■ **What is expected**: Each line below should be set down again unchanged.

Source data below:

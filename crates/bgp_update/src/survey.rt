//! What an UPDATE comes to, before it is decided what to do about it.

ghost use Rattle.std.specs.Prelude.{◌≡◌, None};
ghost use Rattle.bgp_attr.specs.First.{first_at, first_by_type, has_repeats};
ghost use Rattle.bgp_attr.specs.Split.{attributes_of};
ghost use Rattle.bgp_attr.specs.declared.types.AttrType.{AttrType};
ghost use Rattle.bgp_update.specs.Fields.{sections_of};
ghost use Rattle.bgp_update.specs.Found.{found_by_form, is_repeated, mp_found};
ghost use Rattle.bgp_update.specs.MpShown.{contents_read, type_of_mp};
ghost use Rattle.bgp_update.specs.Surveyed.{found_by, mp_found_by};

use crate::destinations::DestinationField;
use crate::fields::Fields;
use crate::link_side::side;
use crate::mp::{MpState, MpType, has_other_bits, mp_state};
use crate::pass::{Pass, is_repeated, pass_over};
use bgp_attr::{FirstAttrs, Tail};
use bgp_open::{Family, Link, RouteForm};

/// An MP attribute, by its first occurrence.
#[derive(Clone, Copy)]
pub(crate) struct MpSurvey<'a> {
    pub(crate) state: MpState<'a>,
    /// Its bits are in conflict with its type.
    pub(crate) other_bits: bool,
    /// Its type stands more than once.
    pub(crate) is_repeated: bool,
}

/// The facts that the rules speak of. It borrows all octets, and takes no memory.
#[derive(Clone, Copy)]
pub(crate) struct Survey<'a> {
    /// The Withdrawn Routes field.
    pub(crate) withdrawn: DestinationField<'a>,
    /// The NLRI field.
    pub(crate) nlri: DestinationField<'a>,
    /// MP_REACH_NLRI.
    pub(crate) reach: MpSurvey<'a>,
    /// MP_UNREACH_NLRI.
    pub(crate) unreach: MpSurvey<'a>,
    /// The attributes, walked over once.
    pub(crate) pass: Pass,
    /// What stands after the last whole attribute.
    pub(crate) tail: Option<Tail>,
}

/// Surveys an UPDATE whose routes are spelled in this form, and notes the first attribute of each
/// type.
///
/// Those have many octets, so the caller lends the room for them.
pub(crate) fn survey_of<'a>(
    link: &Link,
    form: RouteForm,
    fields: &Fields<'a>,
    first: &mut FirstAttrs<'a>,
) -> Survey<'a>
    requires none { (t : AttrType) → first_at first.old t ≡ None }
    ensures found { found_by result ≡ found_by_form link.now form (sections_of fields.now) }
    ensures first { first_at first.new
        ≡ first_by_type (attributes_of (sections_of fields.now).attributes) }
{
    let field = fields.attributes;
    let (pass, tail) = pass_over(side(link), field, first);
    Survey {
        withdrawn: DestinationField::new(form, Family::V4, fields.withdrawn),
        nlri: DestinationField::new(form, Family::V4, fields.nlri),
        reach: mp_survey(
            link,
            form,
            MpType::Reach,
            field,
            first,
            pass.types.has_repeats,
        ),
        unreach: mp_survey(
            link,
            form,
            MpType::Unreach,
            field,
            first,
            pass.types.has_repeats,
        ),
        pass,
        tail,
    }
}

/// Surveys an MP attribute.
fn mp_survey<'a>(
    link: &Link,
    form: RouteForm,
    mp_type: MpType,
    field: &'a [u8],
    first: &FirstAttrs<'a>,
    repeats: bool,
) -> MpSurvey<'a>
    requires repeats { repeats ≡ has_repeats (attributes_of field.now) }
    requires first { first_at first.now ≡ first_by_type (attributes_of field.now) }
    ensures { mp_found_by result
        ≡ mp_found link.now (contents_read form mp_type) (type_of_mp mp_type)
        (attributes_of field.entry.now) }
{
    let attr_type = mp_type.attr_type();
    let attr = first.get(attr_type);
    MpSurvey {
        state: mp_state(link.families, form, mp_type, attr),
        other_bits: has_other_bits(mp_type, attr),
        is_repeated: repeats_in(field, attr_type.row().number, repeats),
    }
}

/// Checks whether a type stands more than once, which it can only if some type does.
#[tactic(auto, using(crate::proofs::Seen::single))]
fn repeats_in(field: &[u8], kind: u8, repeats: bool) -> bool
    requires { repeats ≡ has_repeats (attributes_of field.now) }
    ensures { result ≡ is_repeated kind (attributes_of field.now) }
{
    if !repeats {
        return false;
    }
    is_repeated(field, kind)
}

End of Source data.

■ **Response to the exercise**:
filename crates/bgp_update/src/survey.rt
//! What an UPDATE comes to, before it is decided what to do about it.

ghost use Rattle.std.specs.Prelude.{◌≡◌, None};
ghost use Rattle.bgp_attr.specs.First.{first_at, first_by_type, has_repeats};
ghost use Rattle.bgp_attr.specs.Split.{attributes_of};
ghost use Rattle.bgp_attr.specs.declared.types.AttrType.{AttrType};
ghost use Rattle.bgp_update.specs.Fields.{sections_of};
ghost use Rattle.bgp_update.specs.Found.{found_by_form, is_repeated, mp_found};
ghost use Rattle.bgp_update.specs.MpShown.{contents_read, type_of_mp};
ghost use Rattle.bgp_update.specs.Surveyed.{found_by, mp_found_by};

use crate::destinations::DestinationField;
use crate::fields::Fields;
use crate::link_side::side;
use crate::mp::{MpState, MpType, has_other_bits, mp_state};
use crate::pass::{Pass, is_repeated, pass_over};
use bgp_attr::{FirstAttrs, Tail};
use bgp_open::{Family, Link, RouteForm};

/// An MP attribute, by its first occurrence.
#[derive(Clone, Copy)]
pub(crate) struct MpSurvey<'a> {
    pub(crate) state: MpState<'a>,
    /// Its bits are in conflict with its type.
    pub(crate) other_bits: bool,
    /// Its type stands more than once.
    pub(crate) is_repeated: bool,
}

/// The facts that the rules speak of. It borrows all octets, and takes no memory.
#[derive(Clone, Copy)]
pub(crate) struct Survey<'a> {
    /// The Withdrawn Routes field.
    pub(crate) withdrawn: DestinationField<'a>,
    /// The NLRI field.
    pub(crate) nlri: DestinationField<'a>,
    /// MP_REACH_NLRI.
    pub(crate) reach: MpSurvey<'a>,
    /// MP_UNREACH_NLRI.
    pub(crate) unreach: MpSurvey<'a>,
    /// The attributes, walked over once.
    pub(crate) pass: Pass,
    /// What stands after the last whole attribute.
    pub(crate) tail: Option<Tail>,
}

/// Surveys an UPDATE whose routes are spelled in this form, and notes the first attribute of each
/// type.
///
/// Those have many octets, so the caller lends the room for them.
pub(crate) fn survey_of<'a>(
    link: &Link,
    form: RouteForm,
    fields: &Fields<'a>,
    first: &mut FirstAttrs<'a>,
) -> Survey<'a>
    requires none { (t : AttrType) → first_at first.old t ≡ None }
    ensures found { found_by result ≡ found_by_form link.now form (sections_of fields.now) }
    ensures first { first_at first.new
        ≡ first_by_type (attributes_of (sections_of fields.now).attributes) }
{
    let field = fields.attributes;
    let (pass, tail) = pass_over(side(link), field, first);
    Survey {
        withdrawn: DestinationField::new(form, Family::V4, fields.withdrawn),
        nlri: DestinationField::new(form, Family::V4, fields.nlri),
        reach: mp_survey(
            link,
            form,
            MpType::Reach,
            field,
            first,
            pass.types.has_repeats,
        ),
        unreach: mp_survey(
            link,
            form,
            MpType::Unreach,
            field,
            first,
            pass.types.has_repeats,
        ),
        pass,
        tail,
    }
}

/// Surveys an MP attribute.
fn mp_survey<'a>(
    link: &Link,
    form: RouteForm,
    mp_type: MpType,
    field: &'a [u8],
    first: &FirstAttrs<'a>,
    repeats: bool,
) -> MpSurvey<'a>
    requires repeats { repeats ≡ has_repeats (attributes_of field.now) }
    requires first { first_at first.now ≡ first_by_type (attributes_of field.now) }
    ensures { mp_found_by result
        ≡ mp_found link.now (contents_read form mp_type) (type_of_mp mp_type)
        (attributes_of field.entry.now) }
{
    let attr_type = mp_type.attr_type();
    let attr = first.get(attr_type);
    MpSurvey {
        state: mp_state(link.families, form, mp_type, attr),
        other_bits: has_other_bits(mp_type, attr),
        is_repeated: repeats_in(field, attr_type.row().number, repeats),
    }
}

/// Checks whether a type stands more than once, which it can only if some type does.
#[tactic(auto, using(crate::proofs::Seen::single))]
fn repeats_in(field: &[u8], kind: u8, repeats: bool) -> bool
    requires { repeats ≡ has_repeats (attributes_of field.now) }
    ensures { result ≡ is_repeated kind (attributes_of field.now) }
{
    if !repeats {
        return false;
    }
    is_repeated(field, kind)
}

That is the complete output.